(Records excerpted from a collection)
--
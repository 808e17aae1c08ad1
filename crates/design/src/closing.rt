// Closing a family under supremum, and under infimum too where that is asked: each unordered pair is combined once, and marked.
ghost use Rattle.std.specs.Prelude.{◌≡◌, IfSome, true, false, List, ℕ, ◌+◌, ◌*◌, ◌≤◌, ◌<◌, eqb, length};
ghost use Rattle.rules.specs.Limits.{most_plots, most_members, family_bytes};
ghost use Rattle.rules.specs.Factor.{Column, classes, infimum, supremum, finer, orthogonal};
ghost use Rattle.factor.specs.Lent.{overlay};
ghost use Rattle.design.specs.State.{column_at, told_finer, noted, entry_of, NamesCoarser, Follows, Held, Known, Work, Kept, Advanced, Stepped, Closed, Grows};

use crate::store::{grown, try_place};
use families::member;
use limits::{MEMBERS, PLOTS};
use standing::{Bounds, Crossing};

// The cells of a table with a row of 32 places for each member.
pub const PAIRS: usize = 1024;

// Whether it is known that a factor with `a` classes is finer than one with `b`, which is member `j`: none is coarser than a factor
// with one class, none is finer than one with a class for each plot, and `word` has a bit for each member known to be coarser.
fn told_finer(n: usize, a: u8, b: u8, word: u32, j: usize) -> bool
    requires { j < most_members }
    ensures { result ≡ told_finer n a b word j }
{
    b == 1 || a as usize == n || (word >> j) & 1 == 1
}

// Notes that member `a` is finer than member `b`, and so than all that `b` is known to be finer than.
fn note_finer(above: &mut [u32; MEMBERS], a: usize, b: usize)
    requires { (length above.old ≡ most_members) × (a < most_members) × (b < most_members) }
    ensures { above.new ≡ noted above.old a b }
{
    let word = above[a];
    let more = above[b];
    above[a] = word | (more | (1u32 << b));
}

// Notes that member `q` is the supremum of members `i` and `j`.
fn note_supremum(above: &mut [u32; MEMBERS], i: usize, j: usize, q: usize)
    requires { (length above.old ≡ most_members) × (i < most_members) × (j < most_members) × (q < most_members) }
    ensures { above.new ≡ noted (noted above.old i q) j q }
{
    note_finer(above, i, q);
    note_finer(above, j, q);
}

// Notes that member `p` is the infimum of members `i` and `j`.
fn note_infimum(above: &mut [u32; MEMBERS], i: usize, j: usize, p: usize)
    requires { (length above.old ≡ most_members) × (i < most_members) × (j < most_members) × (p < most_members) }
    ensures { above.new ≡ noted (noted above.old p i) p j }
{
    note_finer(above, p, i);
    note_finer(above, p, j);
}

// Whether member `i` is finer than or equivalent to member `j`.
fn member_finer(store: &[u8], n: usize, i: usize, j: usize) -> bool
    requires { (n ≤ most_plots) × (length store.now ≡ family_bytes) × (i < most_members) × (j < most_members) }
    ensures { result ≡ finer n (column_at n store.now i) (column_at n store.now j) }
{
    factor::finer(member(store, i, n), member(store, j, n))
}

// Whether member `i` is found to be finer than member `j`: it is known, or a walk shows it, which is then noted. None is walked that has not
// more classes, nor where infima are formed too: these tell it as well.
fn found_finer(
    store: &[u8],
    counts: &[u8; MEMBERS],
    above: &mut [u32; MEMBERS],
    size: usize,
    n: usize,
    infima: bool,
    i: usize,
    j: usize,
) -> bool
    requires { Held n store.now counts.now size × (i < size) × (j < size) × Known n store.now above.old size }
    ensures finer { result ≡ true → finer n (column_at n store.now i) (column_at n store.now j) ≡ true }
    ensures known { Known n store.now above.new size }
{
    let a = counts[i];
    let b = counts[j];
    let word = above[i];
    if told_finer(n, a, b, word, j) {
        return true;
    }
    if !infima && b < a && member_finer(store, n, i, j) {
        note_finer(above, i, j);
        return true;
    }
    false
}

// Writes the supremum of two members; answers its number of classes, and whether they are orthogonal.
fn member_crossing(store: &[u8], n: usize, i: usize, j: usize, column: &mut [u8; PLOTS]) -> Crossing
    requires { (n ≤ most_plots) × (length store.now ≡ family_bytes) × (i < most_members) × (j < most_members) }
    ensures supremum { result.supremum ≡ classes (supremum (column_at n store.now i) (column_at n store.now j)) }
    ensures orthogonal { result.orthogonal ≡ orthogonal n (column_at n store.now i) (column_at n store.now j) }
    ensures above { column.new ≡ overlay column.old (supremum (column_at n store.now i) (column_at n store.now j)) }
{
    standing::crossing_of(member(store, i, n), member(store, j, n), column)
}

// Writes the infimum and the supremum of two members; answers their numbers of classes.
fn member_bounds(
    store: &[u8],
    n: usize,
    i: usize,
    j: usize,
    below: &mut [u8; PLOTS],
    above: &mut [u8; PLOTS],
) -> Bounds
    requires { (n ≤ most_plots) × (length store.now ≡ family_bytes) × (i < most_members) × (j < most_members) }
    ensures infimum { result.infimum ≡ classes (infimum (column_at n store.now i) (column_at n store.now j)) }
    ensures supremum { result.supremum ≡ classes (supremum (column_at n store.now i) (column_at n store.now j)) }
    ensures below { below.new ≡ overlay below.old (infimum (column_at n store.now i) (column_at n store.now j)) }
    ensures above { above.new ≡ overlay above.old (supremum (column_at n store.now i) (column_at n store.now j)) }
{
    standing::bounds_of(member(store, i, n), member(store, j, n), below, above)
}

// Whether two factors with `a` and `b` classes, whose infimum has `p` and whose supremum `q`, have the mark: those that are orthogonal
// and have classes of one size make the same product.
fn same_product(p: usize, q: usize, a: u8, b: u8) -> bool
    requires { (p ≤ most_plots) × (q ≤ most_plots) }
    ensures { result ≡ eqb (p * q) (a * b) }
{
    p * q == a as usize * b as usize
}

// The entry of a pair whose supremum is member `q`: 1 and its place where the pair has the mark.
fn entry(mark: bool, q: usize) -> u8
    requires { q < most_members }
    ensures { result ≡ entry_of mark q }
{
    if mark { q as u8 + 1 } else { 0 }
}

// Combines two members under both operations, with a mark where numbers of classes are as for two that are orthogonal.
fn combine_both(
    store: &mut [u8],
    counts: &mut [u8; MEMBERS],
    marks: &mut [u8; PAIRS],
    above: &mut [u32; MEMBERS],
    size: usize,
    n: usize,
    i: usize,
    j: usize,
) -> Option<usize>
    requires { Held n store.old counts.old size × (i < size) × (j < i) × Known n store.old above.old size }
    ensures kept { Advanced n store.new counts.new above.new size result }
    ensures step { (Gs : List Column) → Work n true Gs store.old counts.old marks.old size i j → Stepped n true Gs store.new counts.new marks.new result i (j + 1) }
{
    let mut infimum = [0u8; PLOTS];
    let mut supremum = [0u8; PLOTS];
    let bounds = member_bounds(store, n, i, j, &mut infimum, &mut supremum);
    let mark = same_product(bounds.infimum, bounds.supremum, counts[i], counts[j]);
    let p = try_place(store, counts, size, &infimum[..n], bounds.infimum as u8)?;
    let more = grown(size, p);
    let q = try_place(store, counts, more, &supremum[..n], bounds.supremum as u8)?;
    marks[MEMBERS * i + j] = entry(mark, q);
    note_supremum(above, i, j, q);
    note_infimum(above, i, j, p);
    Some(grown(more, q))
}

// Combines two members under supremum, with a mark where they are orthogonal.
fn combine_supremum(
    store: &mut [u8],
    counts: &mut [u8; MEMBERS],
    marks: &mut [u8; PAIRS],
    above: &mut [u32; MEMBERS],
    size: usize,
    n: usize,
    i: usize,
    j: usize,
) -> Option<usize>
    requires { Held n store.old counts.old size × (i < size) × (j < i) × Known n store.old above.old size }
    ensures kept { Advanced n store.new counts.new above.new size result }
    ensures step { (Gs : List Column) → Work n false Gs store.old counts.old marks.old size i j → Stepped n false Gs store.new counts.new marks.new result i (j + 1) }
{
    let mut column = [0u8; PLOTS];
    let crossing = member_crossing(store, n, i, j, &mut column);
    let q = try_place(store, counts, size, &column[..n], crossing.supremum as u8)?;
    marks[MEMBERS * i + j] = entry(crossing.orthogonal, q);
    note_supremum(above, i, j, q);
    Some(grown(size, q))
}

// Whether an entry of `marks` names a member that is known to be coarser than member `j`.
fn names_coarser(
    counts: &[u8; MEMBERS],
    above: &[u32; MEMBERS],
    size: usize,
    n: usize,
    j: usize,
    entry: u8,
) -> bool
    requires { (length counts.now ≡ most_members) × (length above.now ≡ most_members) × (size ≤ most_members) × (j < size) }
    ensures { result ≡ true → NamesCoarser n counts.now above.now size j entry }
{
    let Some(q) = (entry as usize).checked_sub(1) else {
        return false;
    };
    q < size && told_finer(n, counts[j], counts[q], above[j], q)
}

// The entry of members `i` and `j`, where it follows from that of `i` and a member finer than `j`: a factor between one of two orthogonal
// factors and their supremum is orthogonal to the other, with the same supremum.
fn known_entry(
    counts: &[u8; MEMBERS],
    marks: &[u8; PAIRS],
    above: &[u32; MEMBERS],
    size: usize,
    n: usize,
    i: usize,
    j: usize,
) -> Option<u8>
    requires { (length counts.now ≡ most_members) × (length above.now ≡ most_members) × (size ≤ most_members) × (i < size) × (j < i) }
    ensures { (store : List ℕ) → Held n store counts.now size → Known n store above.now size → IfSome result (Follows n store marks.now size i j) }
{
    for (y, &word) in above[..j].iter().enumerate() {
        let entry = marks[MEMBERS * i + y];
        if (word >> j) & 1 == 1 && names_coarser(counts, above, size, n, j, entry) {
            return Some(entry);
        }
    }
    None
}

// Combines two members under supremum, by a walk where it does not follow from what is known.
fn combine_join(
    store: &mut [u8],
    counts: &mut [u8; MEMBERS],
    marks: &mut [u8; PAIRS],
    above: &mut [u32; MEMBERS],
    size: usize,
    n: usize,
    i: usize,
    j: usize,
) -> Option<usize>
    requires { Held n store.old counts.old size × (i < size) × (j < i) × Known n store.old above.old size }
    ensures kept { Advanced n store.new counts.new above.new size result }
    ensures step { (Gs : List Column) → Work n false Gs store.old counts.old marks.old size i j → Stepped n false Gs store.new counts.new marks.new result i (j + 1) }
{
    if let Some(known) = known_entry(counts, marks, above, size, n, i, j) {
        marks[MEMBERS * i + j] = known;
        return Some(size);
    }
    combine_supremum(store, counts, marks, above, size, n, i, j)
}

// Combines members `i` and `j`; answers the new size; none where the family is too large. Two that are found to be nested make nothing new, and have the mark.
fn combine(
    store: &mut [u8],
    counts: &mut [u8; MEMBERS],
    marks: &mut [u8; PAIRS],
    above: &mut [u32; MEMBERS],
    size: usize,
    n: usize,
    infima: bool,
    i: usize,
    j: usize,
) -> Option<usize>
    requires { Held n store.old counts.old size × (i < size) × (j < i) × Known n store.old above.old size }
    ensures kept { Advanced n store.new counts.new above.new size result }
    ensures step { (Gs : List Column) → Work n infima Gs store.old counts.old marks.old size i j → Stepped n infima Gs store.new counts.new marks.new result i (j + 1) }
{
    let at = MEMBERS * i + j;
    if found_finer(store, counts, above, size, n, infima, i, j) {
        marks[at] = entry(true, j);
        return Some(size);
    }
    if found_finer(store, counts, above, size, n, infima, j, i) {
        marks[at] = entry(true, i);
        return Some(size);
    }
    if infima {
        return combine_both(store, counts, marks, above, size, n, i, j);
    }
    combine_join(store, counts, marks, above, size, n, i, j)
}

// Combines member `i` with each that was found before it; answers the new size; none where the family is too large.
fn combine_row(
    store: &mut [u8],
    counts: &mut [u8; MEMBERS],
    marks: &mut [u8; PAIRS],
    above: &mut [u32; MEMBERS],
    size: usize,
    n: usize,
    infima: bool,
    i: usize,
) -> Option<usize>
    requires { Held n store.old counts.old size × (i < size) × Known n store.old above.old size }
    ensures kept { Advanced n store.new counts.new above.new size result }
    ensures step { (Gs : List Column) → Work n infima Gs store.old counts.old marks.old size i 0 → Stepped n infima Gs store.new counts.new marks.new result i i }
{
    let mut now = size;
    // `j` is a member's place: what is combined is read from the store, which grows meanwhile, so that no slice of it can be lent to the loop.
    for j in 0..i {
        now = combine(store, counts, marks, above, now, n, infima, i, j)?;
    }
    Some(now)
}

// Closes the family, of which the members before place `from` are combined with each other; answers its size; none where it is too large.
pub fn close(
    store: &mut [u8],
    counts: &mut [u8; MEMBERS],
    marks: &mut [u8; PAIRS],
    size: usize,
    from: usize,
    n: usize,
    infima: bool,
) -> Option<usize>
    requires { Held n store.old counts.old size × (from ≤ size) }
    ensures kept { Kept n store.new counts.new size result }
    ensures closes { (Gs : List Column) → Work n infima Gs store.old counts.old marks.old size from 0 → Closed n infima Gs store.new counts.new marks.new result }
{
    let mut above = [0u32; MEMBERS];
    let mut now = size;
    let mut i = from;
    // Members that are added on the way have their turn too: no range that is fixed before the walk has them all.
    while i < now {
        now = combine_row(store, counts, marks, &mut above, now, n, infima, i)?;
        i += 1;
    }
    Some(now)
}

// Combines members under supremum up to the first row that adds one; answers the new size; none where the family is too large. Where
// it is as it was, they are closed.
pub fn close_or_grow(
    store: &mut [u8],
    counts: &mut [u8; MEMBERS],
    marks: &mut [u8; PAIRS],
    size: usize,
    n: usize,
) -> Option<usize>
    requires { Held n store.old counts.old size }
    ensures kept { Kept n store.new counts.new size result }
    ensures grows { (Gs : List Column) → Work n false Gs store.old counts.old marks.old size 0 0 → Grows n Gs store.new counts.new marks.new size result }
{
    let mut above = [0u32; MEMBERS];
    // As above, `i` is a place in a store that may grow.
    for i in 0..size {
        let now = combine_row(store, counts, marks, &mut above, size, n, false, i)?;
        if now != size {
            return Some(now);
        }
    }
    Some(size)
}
--
The task
Look through the entries above. Copy each line in which the string "whose" occurs.

Answer for this exercise
// Whether two factors with `a` and `b` classes, whose infimum has `p` and whose supremum `q`, have the mark: those that are orthogonal
// The entry of a pair whose supremum is member `q`: 1 and its place where the pair has the mark.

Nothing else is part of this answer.